Sports Car Club of America

From Academic Kids

The SCCA is a club and sanctioning body supporting road racing, rally, and autocross in the United States It runs many different programs for both amateur and professional racers.

The club racing program[1] (http://www.scca.org/amateur/club_racing/index.html) is the road racing division - purpose built race cars racing wheel-to-wheel on either dedicated race tracks or on temporary street circuits. Cars raced can be either modified production cars (ranging from nearly showroom cars with only additional safety equipment, to heavily modified cars that retain just the basic shape of the original vehicle) or designed-from-scratch "formula" cars.

Most of the participants in the Club Racing program are unpaid amateurs, but some go on to professional racing careers.

The annual National Championship for Club Racing is called the "Runoffs" and has been historically held at the Mid Ohio race track.

The Solo program[2] (http://www.scca.org/amateur/solo2/index.html) is the autocross programme. One car at a time, running a course laid out with traffic cones on a large paved surface, such as a parking lot or airport runway.
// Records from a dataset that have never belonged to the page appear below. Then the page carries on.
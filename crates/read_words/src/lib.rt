// A word of each code, read at a cursor: the word and the cursor after it, that it is cut short, or the exact bit at which it dies.
#![tactic(auto)]

use bits::BitPos;

pub mod delta;
pub mod gamma;
pub mod parts;
pub mod rice;
pub mod variable_byte;

// Why no word stands at a cursor. Bad tells the first bit at which the bits can no longer be the beginning of any valid word.
#[derive(Clone, Copy, PartialEq, Eq)]
pub enum NoWord {
    Cut,
    Bad(BitPos),
}
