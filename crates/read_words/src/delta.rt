// Delta: gamma of the length of B(w), then the whole of B(w).
ghost use Rattle.std.specs.Prelude.{◌-◌, length};
ghost use Rattle.format.specs.Codes.{Word, delta};
ghost use Rattle.bits.specs.Cursor.{Within};
ghost use Rattle.read_words.specs.Told.{ToldWord};

use crate::parts::between;
use crate::{NoWord, gamma};
use bits::Cursor;
use bits::small::power;

pub fn read(c: Cursor, s: &[u8]) -> Result<(u32, Cursor), NoWord>
    requires { Within c (length s.now) }
    ensures { ToldWord Word delta s.now c result }
{
    let (n, d) = gamma::read_upto(c, s, 5, 32)?;
    let size = n as usize;
    let first = power(size - 1) as u64;
    // the last part is the word; made anew, since an answer handed on as it is told would be copied a byte at a time
    let (w, e) = between(d, s, size, first, 2 * first - 1)?;
    Ok((w, e))
}
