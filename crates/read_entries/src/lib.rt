// A record read, looked up in and searched, and a stream checked: the public entries. A kind is a number, of which any gets its answer; C calls
// an entry for each family.
#![tactic(auto)]

ghost use Rattle.read_entries.specs.Asked.{ToldAsked};

use headings::{Kind, kind_of};
use lists::Item;
use reading::{Refusal, Refused};

pub mod find;
pub mod record;
pub mod stream;

// The kind of a number, unless it is none of this family's: document 01 tells that at 0.
pub(crate) fn asked<T: Item>(number: u32) -> Result<Kind, Refused>
    ensures { ToldAsked T.of_family number result }
{
    match kind_of(T::family(), number) {
        Some(kind) => Ok(kind),
        None => Err(Refused::told_0(Refusal::Unknown)),
    }
}
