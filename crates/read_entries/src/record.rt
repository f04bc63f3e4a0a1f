// A record: read or refused.
ghost use Rattle.std.specs.Prelude.{map, pos};
ghost use Rattle.format.specs.Kinds.{Unsigned, Signed};
ghost use Rattle.read_entries.specs.Reads.{ReadsInto};

use crate::asked;
use bits::BitPos;
use read_records::{Found, Listed};
use reading::{Refused, place};

fn read_list<T: Listed>(
    s: &[u8],
    start: BitPos,
    stop: BitPos,
    kind: u32,
    list: &mut [T],
) -> Result<Found, Refused>
    ensures { ReadsInto s.now start.0 stop.0 T.of_family kind (map T.number list.old) result (map T.number list.new) }
{
    let c = place::span(s, start, stop)?;
    let t = asked::<T>(kind)?;
    read_records::read(c, s, t, list)
}

// A record of plain values or of instants into the front of a lent list, or an end mark.
pub fn read(
    s: &[u8],
    start: BitPos,
    stop: BitPos,
    kind: u32,
    list: &mut [u32],
) -> Result<Found, Refused>
    ensures { ReadsInto s.now start.0 stop.0 Unsigned kind (map pos list.old) result (map pos list.new) }
{
    read_list(s, start, stop, kind, list)
}

// A record of corrections, or an end mark.
pub fn read_corrections(
    s: &[u8],
    start: BitPos,
    stop: BitPos,
    kind: u32,
    list: &mut [i32],
) -> Result<Found, Refused>
    ensures { ReadsInto s.now start.0 stop.0 Signed kind list.old result list.new }
{
    read_list(s, start, stop, kind, list)
}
Competitions are held at the Regional, Divisional, and National levels. Each Division typically crowns a Divisional Champion in each class, awarded by winning a single event. Similarily, a National Champion in each class is awarded by winning the class at the National Championship (usually referred to as "Nationals") held the second week in September at Forbes Field in Topeka, Kansas. Individual National-level events, called "National Tours", are held throughout the racing season.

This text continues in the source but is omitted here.